Abstract

The widely used AZURV1 transport benchmarks package provides a suite of solutions to isotropic scattering transport problems with a variety of initial conditions. Most of these solutions have an initial condition that is a Dirac delta function in space; as a result these benchmarks are challenging problems to use for verification tests in computer codes. Nevertheless, approximating a delta function in simulation often leads to low orders of convergence and the inability to test the convergence of high-order numerical methods. While there are examples in the literature of integration of these solutions as Green’s functions for the transport operator to produce results for more easily simulated sources, they are limited in scope and briefly explained. For a sampling of initial conditions and sources, we present solutions for the uncollided and collided scalar flux to facilitate accurate testing of source treatment in numerical solvers. The solution for the uncollided scalar flux is found in analytic form for some sources. Since integrating the Green’s functions is often nontrivial, discussion of integration difficulty and workarounds to find convergent integrals is included. Additionally, our uncollided solutions can be used as source terms in verification studies, in a similar way to the method of manufactured solutions.

摘要

广泛使用的 AZURV1 传输基准程序包为具有各种初始条件的各向同性散射传输问题提供了一套解决方案。
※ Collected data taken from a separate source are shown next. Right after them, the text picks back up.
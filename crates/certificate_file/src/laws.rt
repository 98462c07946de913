//! Laws of the definitions, on functions that do nothing.
ghost use Rattle.std.specs.Prelude.{ℕ, ◌≤◌, ℤ, List, Ok, Result, unsigned_abs};
ghost use Rattle.reading.specs.declared.error.ReadError.{ReadError as Error};
ghost use Rattle.reading.specs.Error.{Agree};
ghost use Rattle.fixed_decimal.specs.Printed.{printed};
ghost use Rattle.certificate_file.specs.Format.{ReadsCertificate};
ghost use Rattle.certificate_file.specs.Record.{lists_of};
ghost use Rattle.certificate_file.specs.Voltage.{IsVoltage, limit};
ghost use Rattle.certificate_file.specs.Written.{certificate_text, CanBeWritten};
ghost use Rattle.certificate_file.specs.declared.lists.Lists.{Lists as Record};
ghost use Rattle.certificate_file.specs.declared.error.CertKind.{CertKind as Kind};
ghost use Rattle.certificate_file.specs.declared.error.CertKind.TheVariants.{Want};

use crate::format::CertificateFormat;
use fixed_decimal::texts_have_one_answer;
use outside::Name;
use reading::{texts_have_one_result, whole_units_are_read};
use text_lex::one_split;

/// A text has one pair of lists or one refusal for these names, and not both; want of memory aside.
pub fn texts_have_one_certificate(names: &[Name])
    ensures { (text : List ℕ) (a b : Result Record (Error Kind)) → ReadsCertificate names.now text a →
        ReadsCertificate names.now text b → Agree Want a b }
{
    one_split();
    texts_have_one_answer();
    texts_have_one_result(&CertificateFormat { names });
}

/// A voltage within the limit is written as a word that stands for it.
pub fn written_voltages_read_back()
    ensures { (voltage : ℤ) → unsigned_abs voltage ≤ limit → IsVoltage (printed voltage 0) (Ok voltage) }
{}

/// A written certificate reads back: where each name is one word of a line, and each list has for each name a voltage
/// within the limit, reading what is written of them gives these two lists, and nothing else; want of memory aside.
pub fn written_certificates_read_back(names: &[Name])
    ensures reads { (high low : List ℤ) → CanBeWritten names.now high low →
        ReadsCertificate names.now (certificate_text names.now high low) (Ok (lists_of high low)) }
    ensures alone { (high low : List ℤ) (result : Result Record (Error Kind)) → CanBeWritten names.now high low →
        ReadsCertificate names.now (certificate_text names.now high low) result →
        Agree Want (Ok (lists_of high low)) result }
{
    texts_have_one_answer();
    texts_have_one_certificate(names);
    whole_units_are_read(&CertificateFormat { names });
}
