ghost use Rattle.wiring_file.specs.Section.{section_number, all_sections, listed, few};

use reading::Numbered;

/// Where a unit stands.
#[derive(Clone, Copy, Debug)]
pub(crate) enum Section {
    /// `VERSION 5.8 ;`
    Version,
    /// `DIVIDERCHAR "/" ;`
    DividerChar,
    /// `BUSBITCHARS "[]" ;`
    BusBitChars,
    /// `DESIGN name ;`
    Design,
    /// `UNITS DISTANCE MICRONS n ;`
    Units,
    /// `DIEAREA ( x y ) ( x y ) ;`
    Die,
    /// `VIAS n ;`
    ViasHead,
    /// A via, or `END VIAS`.
    Vias,
    /// `SPECIALNETS n ;`
    NetsHead,
    /// The head of a net, or `END SPECIALNETS`.
    Nets,
    /// How the first line of a net's wiring begins, or `;`.
    First,
    /// A line of wiring, after how it begins.
    Line,
    /// How another line of the net begins, or `;`.
    Next,
    /// `END DESIGN`
    DesignEnd,
    /// The end of the text.
    Ended,
}

impl Numbered for Section {
    ghost number = { section_number };

    ghost all = { all_sections };

    fn number(self) -> usize {
        self as usize
    }

    ghost listed = { listed };

    ghost few = { few };
}
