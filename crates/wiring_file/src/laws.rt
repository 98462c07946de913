//! Laws of the definition, on functions that do nothing.
ghost use Rattle.std.specs.Prelude.{◌≡◌, [], ℕ, List, None, Ok, Result};
ghost use Rattle.text_lex.specs.Split.{Split, IsSplit};
ghost use Rattle.text_lex.specs.declared.word.Mode.TheVariants.{LefDef};
ghost use Rattle.reading.specs.declared.error.ReadError.{ReadError as Error};
ghost use Rattle.reading.specs.Error.{Agree};
ghost use Rattle.reading.specs.Pattern.{joined};
ghost use Rattle.reading.specs.Taken.{AreTaken};
ghost use Rattle.reading.specs.Word.{Token, seen_text};
ghost use Rattle.wiring_file.specs.Format.{format, ReadsWiring};
ghost use Rattle.wiring_file.specs.Record.{IsWiring};
ghost use Rattle.wiring_file.specs.Written.{HeadText, NetText, CanBeWritten, wiring_text, wiring_with};
ghost use Rattle.wiring_file.specs.declared.error.WiringKind.{WiringKind as Kind};
ghost use Rattle.wiring_file.specs.declared.error.WiringKind.TheVariants.{Want};
ghost use Rattle.wiring_file.specs.declared.record.ViaText.{ViaText as Via};
ghost use Rattle.wiring_file.specs.declared.record.Wiring.{Wiring as Record};

use crate::format::WiringFormat;
use fixed_decimal::{texts_have_one_answer, values_keep_signs};
use number_place::texts_have_one_number;
use reading::{texts_have_one_result, whole_units_are_read};
use text_lex::one_split;

/// A text has one wiring or one refusal, and not both; want of memory aside.
pub fn texts_have_one_wiring()
    ensures { (text : List ℕ) (a b : Result Record (Error Kind)) → ReadsWiring text a → ReadsWiring text b →
        Agree Want a b }
{
    one_split();
    texts_have_one_number();
    texts_have_one_result(&WiringFormat);
}

/// Where the words of a text are whole units, each of which may follow those before it, and no word shows a fault, the
/// text has the wiring that these units say.
pub fn whole_wirings_are_read()
    ensures { (text : List ℕ) (split : Split) (units : List (List Token)) (wiring : Record) →
        IsSplit LefDef text split → (seen_text split).refused ≡ None → (seen_text split).words ≡ joined units →
        AreTaken format [] units → IsWiring units wiring → ReadsWiring text (Ok wiring) }
{
    whole_units_are_read(&WiringFormat);
}

/// A written wiring reads back: where its names are names of DEF and its numbers may stand in their places, reading what
/// is written of its vias and nets gives these vias, and net by net these pieces and arrays, and nothing else; want of
/// memory aside.
pub fn written_wirings_read_back()
    ensures reads { (head : HeadText) (vias : List Via) (nets : List NetText) → CanBeWritten head vias nets →
        ReadsWiring (wiring_text head vias nets) (Ok (wiring_with vias nets)) }
    ensures alone { (head : HeadText) (vias : List Via) (nets : List NetText) (result : Result Record (Error Kind)) →
        CanBeWritten head vias nets → ReadsWiring (wiring_text head vias nets) result →
        Agree Want (Ok (wiring_with vias nets)) result }
{
    texts_have_one_number();
    texts_have_one_answer();
    values_keep_signs();
    whole_wirings_are_read();
    texts_have_one_wiring();
}
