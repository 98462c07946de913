//! Numbers among the words.
ghost use Rattle.std.specs.Prelude.{◌≡◌, ◌<◌, ◌≤◌, ◌^◌, ℕ, IfNone, IfSome};
ghost use Rattle.std.specs.List.{list_all};
ghost use Rattle.std.specs.Char.{is_ascii_digit};
ghost use Rattle.command_words.specs.Words.{IsNumber, IsTime, seconds};

use number_place::{NumberForm, NumberPlace, NumberSign, number_at, values_fit_their_places};

/// Seconds in units of 10^-18 s, with a scale or none, above 0 and at most 1 s.
const SECONDS: NumberPlace = NumberPlace {
    form: NumberForm::Scaled,
    places: 18,
    limit: 1_000_000_000_000_000_000,
    sign: NumberSign::Positive,
};

/// Whether each byte is a digit.
fn are_digits(text: &[u8]) -> bool
    ensures { result ≡ list_all is_ascii_digit text.now }
{
    text.iter().all(|byte| byte.is_ascii_digit())
}

/// The number that the digits write, if it fits 64 bits.
pub(crate) fn number_of(text: &str) -> Option<u64>
    ensures none { IfNone result ((number : ℕ) → IsNumber text.now number → number < 2 ^ 64 → ⊥) }
    ensures some { IfSome result (λ number. IsNumber text.now number) }
    ensures fits { IfSome result (λ number. number < 2 ^ 64) }
{
    if !are_digits(text.as_bytes()) {
        return None;
    }
    match text.parse::<u64>() {
        Ok(number) => Some(number),
        Err(_) => None,
    }
}

/// The side that the digits write, from 24 to 300.
pub(crate) fn side_of(text: &str) -> Option<u32>
    ensures none { IfNone result ((side : ℕ) → IsNumber text.now side → 24 ≤ side → side ≤ 300 → ⊥) }
    ensures some { IfSome result (λ side. IsNumber text.now side) }
    ensures range { IfSome result (λ side. (24 ≤ side) × (side ≤ 300)) }
{
    let number = number_of(text)?;
    if number < 24 || number > 300 {
        return None;
    }
    Some(number as u32)
}

/// The number of steps that the digits write, from 1 to 1000.
pub(crate) fn steps_of(text: &str) -> Option<u32>
    ensures none { IfNone result ((steps : ℕ) → IsNumber text.now steps → 1 ≤ steps → steps ≤ 1000 → ⊥) }
    ensures some { IfSome result (λ steps. IsNumber text.now steps) }
    ensures range { IfSome result (λ steps. (1 ≤ steps) × (steps ≤ 1000)) }
{
    let number = number_of(text)?;
    if number < 1 || number > 1000 {
        return None;
    }
    Some(number as u32)
}

/// The time that the text stands for, in units of 10^-18 s, above 0 and at most 1 s.
pub(crate) fn time_of(text: &str) -> Option<u128>
    ensures none { IfNone result ((time : ℕ) → ¬ IsTime text.now time) }
    ensures some { IfSome result (IsTime text.now) }
{
    values_fit_their_places();
    match number_at(SECONDS, text.as_bytes()) {
        Ok(time) => Some(time as u128),
        Err(_) => None,
    }
}
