//! The certificate of a network: a high and a low voltage for each node, as a text.
//!
//! A certificate is the line `pdn certificate 1`, then for each node in the order of the network a line with its name,
//! its high and its low voltage in yV, and then the line `end`, after which only white space may stand. Words stand
//! between blanks, tabs and carriage returns; the last line may lack its line feed. `read_certificate` reads it for a
//! list of names, and `certificate_text` writes it.
#![tactic(auto)]

mod error;
mod fault;
mod format;
mod held;
mod laws;
mod lists;
mod read;
mod rule;
mod section;
mod sort;
mod voltage;
mod written;

pub use error::{CertError, CertKind};
pub use laws::{
    texts_have_one_certificate, written_certificates_read_back, written_voltages_read_back,
};
pub use lists::Lists;
pub use read::read_certificate;
pub use voltage::VOLTAGE_LIMIT;
pub use written::certificate_text;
这些解决方案中的大多数都有一个初始条件，即空间中的狄拉克函数。因此，这些基准是用于计算机代码验证测试的具有挑战性的问题。然而，在模拟中逼近 delta 函数通常会导致低阶收敛，并且无法测试高阶数值方法的收敛性。虽然文献中有将这些解决方案集成为运输运营商的格林函数的示例，以便为更容易模拟的源生成结果，但它们的范围有限并简要说明。对于初始条件和来源的抽样，我们提出了未碰撞和碰撞标量通量的解决方案，以促进在数值求解器中准确测试源处理。对于某些来源，以解析形式找到了未碰撞标量通量的解决方案。由于积分格林函数通常很重要，因此讨论了积分难度和寻找收敛积分的解决方法。此外，我们的未冲突解决方案可以用作验证研究中的源术语，其方式类似于制造解决方案的方法。包括关于积分难度和寻找收敛积分的变通方法的讨论。此外，我们的未冲突解决方案可以用作验证研究中的源术语，其方式类似于制造解决方案的方法。包括关于积分难度和寻找收敛积分的变通方法的讨论。此外，我们的未冲突解决方案可以用作验证研究中的源术语，其方式类似于制造解决方案的方法。